* **Problem to solve**
Search the entries below. Return every line that has "themselves" in it.

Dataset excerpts
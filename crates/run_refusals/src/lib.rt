// The refusals of a run, by its edges, its kind and its shape, and by what its points or blocks say of themselves; what is built of an accepted one.
#![tactic(auto)]

ghost use Rattle.std.specs.Prelude.{◌≡◌, ◌∷◌, ◌≤◌};
ghost use Rattle.std.specs.Result.{IfOk};
ghost use Rattle.definitions.specs.Bins.{irregular};
ghost use Rattle.definitions.specs.Reducer.{state_kind};
ghost use Rattle.definitions.specs.Rules.{rule, refusal, over_state, edges_call_rules, kind_rules};
ghost use Rattle.refusals.specs.Numbers.{number_of};
ghost use Rattle.reducer.specs.declared.BinEdges.TheVariants.{Irregular};
ghost use Rattle.reducer.specs.Readings.{edges_of, kind_of};
ghost use Rattle.reducer.specs.Consume.{made_edges, made};
ghost use Rattle.reducer.specs.Usable.{Usable, UsableValues};
ghost use Rattle.parallel_serial.specs.Drive.{over_numbers, shape_rules, run_number};
ghost use Rattle.parallel_serial.specs.Setups.{SetupOf};

use bins::RegularBinEdges;
use parallel_serial::{RunSpec, Setup, Shape};
use reducer::{BinEdges, Bins, BuiltEdges, BuiltReducer, Edges, Kind, Reducer};
use refusals::Refusal;
use state_refusals::PackShape;

// ---- what is built once for a run

// Irregular edges by themselves.
#[tactic(auto, using(crate::proofs::Refusals::searchable))]
fn irregular_edges<'a>(list: &'a [f64]) -> Result<BuiltEdges<'a>, Refusal>
    ensures number { number_of result ≡ refusal (edges_call_rules (irregular list.now)) }
    ensures built { IfOk result (λ e. (e ≡ made_edges (Irregular list.entry)) × Usable e) }
{
    edge_validation::validate_bin_edges(list)?;
    Ok(BinEdges::Irregular(list))
}

// What is built of stated edges, or the first of their rules that is broken.
pub fn accepted_edges<'a>(edges: Edges<'a>) -> Result<BuiltEdges<'a>, Refusal>
    ensures number { number_of result ≡ refusal (edges_call_rules (edges_of edges.entry)) }
    ensures built { IfOk result (λ e. (e ≡ made_edges edges.entry) × Usable e) }
{
    match edges {
        BinEdges::Regular(e) => {
            let built = RegularBinEdges::new(e.min, e.max, e.n_bins)?;
            Ok(BinEdges::Regular(built))
        }
        BinEdges::Irregular(list) => irregular_edges(list),
    }
}

// The same of a kind, whose value edges are edges.
pub fn accepted_reducer<'a>(kind: Kind<'a>) -> Result<BuiltReducer<'a>, Refusal>
    ensures number { number_of result ≡ refusal (rule 7 (over_state (state_kind (kind_of kind.entry))) ∷ kind_rules (kind_of kind.entry)) }
    ensures built { IfOk result (λ r. (r ≡ made kind.entry) × UsableValues r) }
{
    match kind {
        Reducer::Comp0Mean => Ok(Reducer::Comp0Mean),
        Reducer::ComponentSumMean => Ok(Reducer::ComponentSumMean),
        Reducer::ComponentSumHistogram(e) => {
            let edges = accepted_edges(e)?;
            Ok(Reducer::ComponentSumHistogram(edges))
        }
    }
}

// ---- refusals

// Whether one of the run's own numbers is over a limit.
#[tactic(auto, unfolding(parallel_serial::specs::Drive::over_numbers))]
fn run_over(n_bins: usize, size: usize, pack: PackShape) -> bool
    ensures { result ≡ over_numbers n_bins size pack }
{
    n_bins > 256 || size > 256 || pack.is_over(4096)
}

// 23: members or teams not 1. 24: a shape that is not bins by state size, or a short slice.
fn shape_refusal(shape: Shape, n_bins: usize, size: usize, len: usize) -> Result<(), Refusal>
    requires { (n_bins ≤ 256) × (size ≤ 256) }
    ensures { number_of result ≡ refusal (shape_rules shape n_bins size len) }
{
    let fitting = PackShape {
        n_states: n_bins,
        state_size: size,
    };
    if shape.members != 1 || shape.teams != 1 {
        return Err(Refusal::NotSingle);
    }
    if shape.pack != fitting || n_bins * size > len {
        return Err(Refusal::PackShape);
    }
    Ok(())
}

// A run whose points or blocks are within the limits: of these, what their own rules say, and what the rules on their pairs.
// The first broken rule, or what is built of the edges and the kind.
pub fn run_setup<'a>(
    sets: Result<(), Refusal>,
    pairs: Result<(), Refusal>,
    spec: RunSpec<'a>,
    len: usize,
) -> Result<Setup<'a>, Refusal>
    ensures number { number_of result ≡ run_number (number_of sets) (number_of pairs) spec.entry len }
    ensures built { IfOk result (λ s. SetupOf spec.entry s) }
{
    let n_bins = spec.edges.n_bins();
    let size = spec.kind.state_size();
    if run_over(n_bins, size, spec.shape.pack) {
        return Err(Refusal::OverLimit);
    }
    sets?;
    let edges = accepted_edges(spec.edges)?;
    let reducer = accepted_reducer(spec.kind)?;
    pairs?;
    shape_refusal(spec.shape, n_bins, size, len)?;
    Ok(Setup {
        op: spec.op,
        edges,
        reducer,
        n_states: n_bins,
    })
}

* **Your response**
// The refusals of a run, by its edges, its kind and its shape, and by what its points or blocks say of themselves; what is built of an accepted one.
// Irregular edges by themselves.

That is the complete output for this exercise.